On determinism and well-posedness in multiple time dimensions

TL;DR

This paper investigates the well-posedness of initial value problems for wave and ultrahyperbolic equations in multiple time dimensions, establishing conditions for existence and uniqueness of solutions on various hypersurfaces.

Contribution

It demonstrates well-posedness under a nonlocal constraint on codimension-one hypersurfaces and highlights ill-posedness on higher codimension hypersurfaces, contrasting with classical results.

Findings

Well-posedness on codimension-one hypersurfaces with nonlocal constraints

Ill-posedness on higher codimension hypersurfaces for finite derivative data

Independent derivation of Courant and Hilbert's uniqueness result

Abstract

We study the initial value problem for the wave equation and the ultrahyperbolic equation for data posed on initial surface of mixed signature (both spacelike and timelike). Under a nonlocal constraint, we show that the Cauchy problem on codimension-one hypersurfaces has global unique solutions in the Sobolev spaces $H^{m}$, thus it is well-posed.
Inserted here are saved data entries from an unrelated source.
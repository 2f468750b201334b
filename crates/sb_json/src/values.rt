ghost use Rattle.std.specs.Prelude.{◌≡◌, ◌⊎◌, Some, None, Ok, Err, IfOk, IfErr, option_map};
ghost use Rattle.serde_json.specs.View.{view, items_view};
ghost use Rattle.sb_json.specs.Values as spec;

use crate::density::too_dense;
use crate::kinds::{bytes_item, duration_item, items_item, object_item, string_item, whole_item};
use crate::{Field, FieldFault, MessageFault};
use sb_model::{Bytes, Duration, Text};
use serde_json::Value;
use std::alloc::Global;

/// Reads a text as a JSON value. `TooDense` comes exactly where the text, whatever its bytes are, opens more than 8,192 lists
/// and objects and one for each 48 bytes, or has more than 65,536 values and one for each 6 bytes: a tree of it would take
/// many times its bytes. `NotJson` comes exactly where it is not too dense, and `serde_json` refuses the bytes for another
/// cause than memory.
pub fn read_json(alloc: Global, text: &[u8]) -> Result<Value, MessageFault>
    ensures ok { IfOk result (λ value. spec.value_of text.now ≡ Ok (view value)) }
    ensures err { IfErr result (λ fault. (fault ≡ MessageFault.OutOfMemory)
        ⊎ (spec.value_of text.now ≡ Err fault)) }
{
    if let Some(place) = too_dense(text) {
        return Err(MessageFault::TooDense(place));
    }
    match Value::from_slice(alloc, text) {
        Ok(value) => Ok(value),
        Err(e) if e.is_memory() => Err(MessageFault::OutOfMemory),
        Err(_) => Err(MessageFault::NotJson),
    }
}

/// A field of an object. `None` comes exactly where it is absent or null; a value that is no object has
/// no field.
pub fn field<'v>(value: &'v Value, field: Field) -> Option<&'v Value>
    ensures { option_map (λ v. view v.now) result ≡ spec.field_of field (view value.now) }
{
    let found = value.get(field.key())?;
    if found.is_null() { None } else { Some(found) }
}

/// A field that has to be there.
fn needed<'v>(value: &'v Value, name: Field) -> Result<&'v Value, FieldFault>
    ensures ok { IfOk result (λ found. spec.needed_of name (view value.now) ≡ Ok (view found.now)) }
    ensures err { IfErr result (λ fault. spec.needed_of name (view value.now) ≡ Err fault) }
{
    match field(value, name) {
        Some(found) => Ok(found),
        None => Err(FieldFault::Missing(name)),
    }
}

/// A whole number from 0 to `most`: a JSON number without fraction and exponent, or a string of `0` or of
/// digits that do not begin with 0.
pub fn whole(value: &Value, field: Field, most: u64) -> Result<u64, FieldFault>
    ensures { result ≡ spec.whole_of field most (view value.now) }
{
    whole_item(needed(value, field)?, field, most)
}

/// A string, as it stands.
pub fn string<'v>(value: &'v Value, field: Field) -> Result<&'v str, FieldFault>
    ensures ok { IfOk result (λ text. spec.string_of field (view value.now) ≡ Ok text.now) }
    ensures err { IfErr result (λ fault. spec.string_of field (view value.now) ≡ Err fault) }
{
    string_item(needed(value, field)?, field)
}

/// A copy of a string.
pub fn text(alloc: Global, value: &Value, field: Field) -> Result<Text, FieldFault>
    ensures ok { IfOk result (λ text. spec.text_chars_of field (view value.now) ≡ Ok text) }
    ensures err { IfErr result (λ fault. (fault ≡ FieldFault.OutOfMemory)
        ⊎ (spec.text_chars_of field (view value.now) ≡ Err fault)) }
{
    Ok(Text::from_str(alloc, string(value, field)?)?)
}

/// The items of a list.
pub fn items<'v>(value: &'v Value, field: Field) -> Result<&'v [Value], FieldFault>
    ensures ok { IfOk result (λ items. spec.items_of field (view value.now) ≡ Ok (items_view items.now)) }
    ensures err { IfErr result (λ fault. spec.items_of field (view value.now) ≡ Err fault) }
{
    items_item(needed(value, field)?, field)
}

/// An object, whose own fields are read from it.
pub fn object<'v>(value: &'v Value, field: Field) -> Result<&'v Value, FieldFault>
    ensures ok { IfOk result (λ object. spec.object_of field (view value.now) ≡ Ok (view object.now)) }
    ensures err { IfErr result (λ fault. spec.object_of field (view value.now) ≡ Err fault) }
{
    object_item(needed(value, field)?, field)
}

/// The bytes of a string in base64, of either alphabet, with or without padding, and strict on the bits past
/// the last byte (RFC 4648, sections 4 and 5).
pub fn bytes(alloc: Global, value: &Value, field: Field) -> Result<Bytes, FieldFault>
    ensures ok { IfOk result (λ bytes. spec.bytes_of field (view value.now) ≡ Ok bytes) }
    ensures err { IfErr result (λ fault. (fault ≡ FieldFault.OutOfMemory)
        ⊎ (spec.bytes_of field (view value.now) ≡ Err fault)) }
{
    bytes_item(alloc, needed(value, field)?, field)
}

/// A duration (`google.protobuf.Duration` in JSON).
pub fn duration(value: &Value, field: Field) -> Result<Duration, FieldFault>
    ensures { result ≡ spec.duration_of_field field (view value.now) }
{
    duration_item(needed(value, field)?, field)
}
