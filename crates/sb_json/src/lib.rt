//! Typed fields of JSON messages: each field of a message is read strictly, or refused by a fault that names
//! it.
#![tactic(auto)]

pub use faults::{FieldFault, MessageFault};
pub use fields::Field;
pub use kinds::{bytes_item, duration_item, items_item, object_item, string_item, whole_item};
pub use laws::{encoded_bytes_read_again, written_texts_are_counted};
pub use printing::push_message_cause;
pub use values::{bytes, duration, field, items, object, read_json, string, text, whole};

mod density;
mod encoded;
mod faults;
mod fields;
mod kinds;
mod laws;
mod numerals;
mod printing;
mod values;
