ghost use Rattle.std.specs.Prelude.{◌≡◌, ◌++◌, length, take, codes, OnOk, OnErr};
ghost use Rattle.sb_json.specs.Fields.{label_of};
ghost use Rattle.sb_json.specs.Printed.{field_fault_text, message_cause_text};

use crate::{Field, FieldFault, MessageFault};
use sb_model::{Bytes, OutOfMemory};

fn push_label(text: &mut Bytes, field: Field) -> Result<(), OutOfMemory>
    ensures ok { OnOk result (text.new ≡ text.old ++ label_of field) }
    ensures front { OnErr result (take (length text.old) text.new ≡ text.old) }
{
    text.append(field.label().as_bytes())
}

/// Appends what is wrong, and the field that it is wrong with.
fn push_named(text: &mut Bytes, word: &str, field: Field) -> Result<(), OutOfMemory>
    ensures ok { OnOk result (text.new ≡ text.old ++ (word.now ++ label_of field)) }
    ensures front { OnErr result (take (length text.old) text.new ≡ text.old) }
{
    text.append(word.as_bytes())?;
    push_label(text, field)
}

fn push_field_fault(text: &mut Bytes, fault: FieldFault) -> Result<(), OutOfMemory>
    ensures ok { OnOk result (text.new ≡ text.old ++ field_fault_text fault) }
    ensures front { OnErr result (take (length text.old) text.new ≡ text.old) }
{
    match fault {
        FieldFault::Missing(field) => push_named(text, "missing ", field),
        FieldFault::WrongKind(field) => push_named(text, "wrong-kind ", field),
        FieldFault::Number(field) => push_named(text, "number ", field),
        FieldFault::Base64(field) => push_named(text, "base64 ", field),
        FieldFault::Name(field) => push_named(text, "name ", field),
        FieldFault::Size(field, size) => {
            text.append(b"size ")?;
            text.append_decimal(size)?;
            push_named(text, " ", field)
        }
        FieldFault::Duration(field) => push_named(text, "duration ", field),
        FieldFault::OutOfMemory => Ok(()),
    }
}

/// Appends the printed cause of a fault, as `field missing threatType 2`. Want of memory, which is none of
/// a message's causes, prints nothing. After an `Err` the text begins as it was.
pub fn push_message_cause(text: &mut Bytes, fault: &MessageFault) -> Result<(), OutOfMemory>
    ensures ok { OnOk result (text.new ≡ text.old ++ message_cause_text fault.now) }
    ensures front { OnErr result (take (length text.old) text.new ≡ text.old) }
{
    match fault {
        MessageFault::TooDense(place) => {
            text.append(b"too-dense ")?;
            text.append_decimal(*place)
        }
        MessageFault::NotJson => text.append(b"not-json"),
        MessageFault::Field(fault, item) => {
            text.append(b"field ")?;
            push_field_fault(text, *fault)?;
            text.push(b' ')?;
            text.append_decimal(*item)
        }
        MessageFault::TooManyItems(count) => {
            text.append(b"too-many-items ")?;
            text.append_decimal(*count)
        }
        MessageFault::OutOfMemory => Ok(()),
    }
}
In contrast, we show that the initial value problem on higher codimension hypersurfaces is ill-posed, at least when specifying a finite number of derivatives of the data, due to the failure of uniqueness. This is in contrast to a uniqueness result which Courant and Hilbert deduce from Asgeirsson's mean value theorem, for which we give an independent derivation. The proofs use Fourier synthesis and the Holmgren-John uniqueness theorem.